About this exercise :: Only one portion of the data is to be written out: from the line bearing "repository fce03291b0c253c8" through the line bearing "use std::test::Fail;". Write it exactly as it appears.

Provided information ::
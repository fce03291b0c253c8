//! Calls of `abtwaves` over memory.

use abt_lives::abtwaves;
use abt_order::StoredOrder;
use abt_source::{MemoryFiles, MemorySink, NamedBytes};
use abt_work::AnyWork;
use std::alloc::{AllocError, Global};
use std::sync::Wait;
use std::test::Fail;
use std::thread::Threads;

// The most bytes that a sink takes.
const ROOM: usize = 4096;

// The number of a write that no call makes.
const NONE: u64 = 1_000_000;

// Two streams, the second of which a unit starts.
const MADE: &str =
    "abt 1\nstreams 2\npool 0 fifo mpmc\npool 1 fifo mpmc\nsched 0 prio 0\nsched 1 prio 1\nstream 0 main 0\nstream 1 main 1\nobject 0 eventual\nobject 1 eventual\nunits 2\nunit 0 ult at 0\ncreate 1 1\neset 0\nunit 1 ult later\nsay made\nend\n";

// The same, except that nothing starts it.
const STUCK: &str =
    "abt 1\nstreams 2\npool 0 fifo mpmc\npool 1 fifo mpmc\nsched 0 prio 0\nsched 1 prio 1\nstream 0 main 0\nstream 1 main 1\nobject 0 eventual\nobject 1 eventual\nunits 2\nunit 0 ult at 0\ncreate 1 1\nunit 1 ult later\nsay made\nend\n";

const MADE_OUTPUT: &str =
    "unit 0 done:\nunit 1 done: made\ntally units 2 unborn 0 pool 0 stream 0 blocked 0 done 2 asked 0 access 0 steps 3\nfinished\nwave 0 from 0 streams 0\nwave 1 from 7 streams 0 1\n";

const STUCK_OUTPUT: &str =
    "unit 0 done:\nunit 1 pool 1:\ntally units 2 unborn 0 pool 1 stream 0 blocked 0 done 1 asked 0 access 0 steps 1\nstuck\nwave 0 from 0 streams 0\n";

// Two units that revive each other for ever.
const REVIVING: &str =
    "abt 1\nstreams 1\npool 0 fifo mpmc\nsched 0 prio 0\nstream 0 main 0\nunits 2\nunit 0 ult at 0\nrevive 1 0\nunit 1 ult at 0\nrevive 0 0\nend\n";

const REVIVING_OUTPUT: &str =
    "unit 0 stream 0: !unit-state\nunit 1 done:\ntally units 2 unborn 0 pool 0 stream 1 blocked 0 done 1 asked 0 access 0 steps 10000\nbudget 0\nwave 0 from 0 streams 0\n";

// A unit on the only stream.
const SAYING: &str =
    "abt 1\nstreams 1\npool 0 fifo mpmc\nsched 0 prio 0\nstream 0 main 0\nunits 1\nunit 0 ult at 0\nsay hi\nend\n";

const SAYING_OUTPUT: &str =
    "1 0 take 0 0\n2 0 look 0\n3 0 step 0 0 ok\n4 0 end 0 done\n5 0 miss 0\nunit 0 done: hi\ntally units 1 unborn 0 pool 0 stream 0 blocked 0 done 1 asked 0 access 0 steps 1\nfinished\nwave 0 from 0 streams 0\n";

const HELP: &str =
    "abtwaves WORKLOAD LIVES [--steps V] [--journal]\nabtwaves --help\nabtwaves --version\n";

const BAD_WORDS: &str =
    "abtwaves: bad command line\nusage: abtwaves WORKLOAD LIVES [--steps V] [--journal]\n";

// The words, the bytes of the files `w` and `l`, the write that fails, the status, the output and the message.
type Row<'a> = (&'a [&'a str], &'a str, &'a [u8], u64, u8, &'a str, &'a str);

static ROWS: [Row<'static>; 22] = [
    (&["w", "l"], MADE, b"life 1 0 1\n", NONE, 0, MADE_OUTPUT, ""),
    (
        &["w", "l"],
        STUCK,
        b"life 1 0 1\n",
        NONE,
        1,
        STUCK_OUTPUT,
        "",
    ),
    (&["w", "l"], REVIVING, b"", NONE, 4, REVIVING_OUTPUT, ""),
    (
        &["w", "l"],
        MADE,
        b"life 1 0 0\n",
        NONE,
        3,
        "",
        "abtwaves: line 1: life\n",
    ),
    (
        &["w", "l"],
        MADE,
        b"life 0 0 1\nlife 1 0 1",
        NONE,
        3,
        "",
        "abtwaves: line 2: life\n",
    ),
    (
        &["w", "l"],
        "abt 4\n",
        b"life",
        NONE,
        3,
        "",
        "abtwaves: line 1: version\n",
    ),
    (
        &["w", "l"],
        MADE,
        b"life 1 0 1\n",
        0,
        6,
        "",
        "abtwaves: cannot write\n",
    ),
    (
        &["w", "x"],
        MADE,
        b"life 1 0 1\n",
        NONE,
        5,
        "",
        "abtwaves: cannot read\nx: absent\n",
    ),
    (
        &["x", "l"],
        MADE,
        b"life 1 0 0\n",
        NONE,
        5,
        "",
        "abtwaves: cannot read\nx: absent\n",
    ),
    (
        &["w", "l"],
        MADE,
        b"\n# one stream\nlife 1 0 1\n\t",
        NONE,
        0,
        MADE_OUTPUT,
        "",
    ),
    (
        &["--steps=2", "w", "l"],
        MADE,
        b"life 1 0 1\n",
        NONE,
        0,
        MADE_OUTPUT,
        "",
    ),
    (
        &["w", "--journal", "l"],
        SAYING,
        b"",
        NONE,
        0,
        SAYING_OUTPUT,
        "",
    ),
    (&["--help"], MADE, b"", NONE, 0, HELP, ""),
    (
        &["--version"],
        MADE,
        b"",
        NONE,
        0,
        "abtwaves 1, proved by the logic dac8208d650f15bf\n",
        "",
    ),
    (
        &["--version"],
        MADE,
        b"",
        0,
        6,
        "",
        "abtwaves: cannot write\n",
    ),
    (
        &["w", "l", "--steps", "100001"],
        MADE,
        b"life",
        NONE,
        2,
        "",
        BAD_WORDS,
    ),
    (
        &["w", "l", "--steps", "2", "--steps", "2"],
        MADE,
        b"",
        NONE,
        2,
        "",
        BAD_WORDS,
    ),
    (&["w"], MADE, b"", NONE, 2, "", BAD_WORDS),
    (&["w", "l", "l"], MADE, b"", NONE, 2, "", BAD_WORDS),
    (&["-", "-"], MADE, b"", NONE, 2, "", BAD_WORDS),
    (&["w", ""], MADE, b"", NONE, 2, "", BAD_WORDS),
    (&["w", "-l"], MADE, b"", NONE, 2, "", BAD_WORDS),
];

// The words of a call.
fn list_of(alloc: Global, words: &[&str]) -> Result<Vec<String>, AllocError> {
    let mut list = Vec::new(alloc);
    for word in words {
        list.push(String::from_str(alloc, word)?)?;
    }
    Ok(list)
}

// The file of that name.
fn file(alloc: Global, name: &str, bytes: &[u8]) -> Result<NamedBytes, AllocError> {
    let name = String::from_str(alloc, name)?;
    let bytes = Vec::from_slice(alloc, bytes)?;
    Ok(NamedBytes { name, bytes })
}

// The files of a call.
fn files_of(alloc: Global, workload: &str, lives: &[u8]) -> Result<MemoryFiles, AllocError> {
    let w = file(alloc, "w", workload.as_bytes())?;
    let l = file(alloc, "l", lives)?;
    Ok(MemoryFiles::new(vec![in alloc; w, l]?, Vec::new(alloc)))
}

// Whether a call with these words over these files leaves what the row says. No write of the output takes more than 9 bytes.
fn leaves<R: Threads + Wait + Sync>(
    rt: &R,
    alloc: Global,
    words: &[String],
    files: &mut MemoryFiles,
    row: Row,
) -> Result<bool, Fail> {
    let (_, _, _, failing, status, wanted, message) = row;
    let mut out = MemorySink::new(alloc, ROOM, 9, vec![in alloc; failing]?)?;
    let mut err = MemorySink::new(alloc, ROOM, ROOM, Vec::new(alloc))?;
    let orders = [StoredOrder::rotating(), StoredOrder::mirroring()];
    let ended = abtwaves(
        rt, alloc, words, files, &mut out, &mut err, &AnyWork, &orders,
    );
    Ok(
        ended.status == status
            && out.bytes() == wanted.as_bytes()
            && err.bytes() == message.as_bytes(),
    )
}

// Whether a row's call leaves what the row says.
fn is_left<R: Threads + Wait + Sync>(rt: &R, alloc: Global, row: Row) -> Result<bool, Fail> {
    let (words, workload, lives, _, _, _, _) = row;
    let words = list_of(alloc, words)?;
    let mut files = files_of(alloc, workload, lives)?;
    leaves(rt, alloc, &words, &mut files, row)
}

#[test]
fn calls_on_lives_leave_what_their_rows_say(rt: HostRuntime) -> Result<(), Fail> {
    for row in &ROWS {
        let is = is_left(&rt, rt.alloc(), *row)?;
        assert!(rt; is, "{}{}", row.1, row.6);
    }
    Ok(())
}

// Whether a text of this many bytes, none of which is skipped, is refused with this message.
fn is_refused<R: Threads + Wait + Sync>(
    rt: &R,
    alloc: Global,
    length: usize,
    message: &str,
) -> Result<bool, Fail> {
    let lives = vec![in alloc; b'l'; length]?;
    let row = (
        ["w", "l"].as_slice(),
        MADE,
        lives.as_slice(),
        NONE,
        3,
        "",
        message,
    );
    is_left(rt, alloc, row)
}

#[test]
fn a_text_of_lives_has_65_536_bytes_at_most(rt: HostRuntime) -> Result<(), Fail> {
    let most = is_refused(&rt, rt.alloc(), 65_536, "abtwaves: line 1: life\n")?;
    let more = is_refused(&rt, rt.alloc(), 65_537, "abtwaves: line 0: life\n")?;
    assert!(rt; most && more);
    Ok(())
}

==

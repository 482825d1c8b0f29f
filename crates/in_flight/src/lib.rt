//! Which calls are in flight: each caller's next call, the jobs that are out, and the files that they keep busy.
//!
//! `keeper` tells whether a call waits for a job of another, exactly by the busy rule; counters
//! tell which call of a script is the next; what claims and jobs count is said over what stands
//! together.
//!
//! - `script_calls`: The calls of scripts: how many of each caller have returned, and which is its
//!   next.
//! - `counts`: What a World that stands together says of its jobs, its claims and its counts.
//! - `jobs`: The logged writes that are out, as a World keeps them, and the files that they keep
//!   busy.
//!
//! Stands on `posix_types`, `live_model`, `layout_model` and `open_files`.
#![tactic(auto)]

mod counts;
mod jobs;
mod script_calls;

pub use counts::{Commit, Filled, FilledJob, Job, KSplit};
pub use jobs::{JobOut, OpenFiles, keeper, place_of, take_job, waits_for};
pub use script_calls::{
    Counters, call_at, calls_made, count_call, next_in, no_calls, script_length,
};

Task output ::
repository fce03291b0c253c8
//! Calls of `abtwaves` over memory.

use abt_lives::abtwaves;
use abt_order::StoredOrder;
use abt_source::{MemoryFiles, MemorySink, NamedBytes};
use abt_work::AnyWork;
use std::alloc::{AllocError, Global};
use std::sync::Wait;
use std::test::Fail;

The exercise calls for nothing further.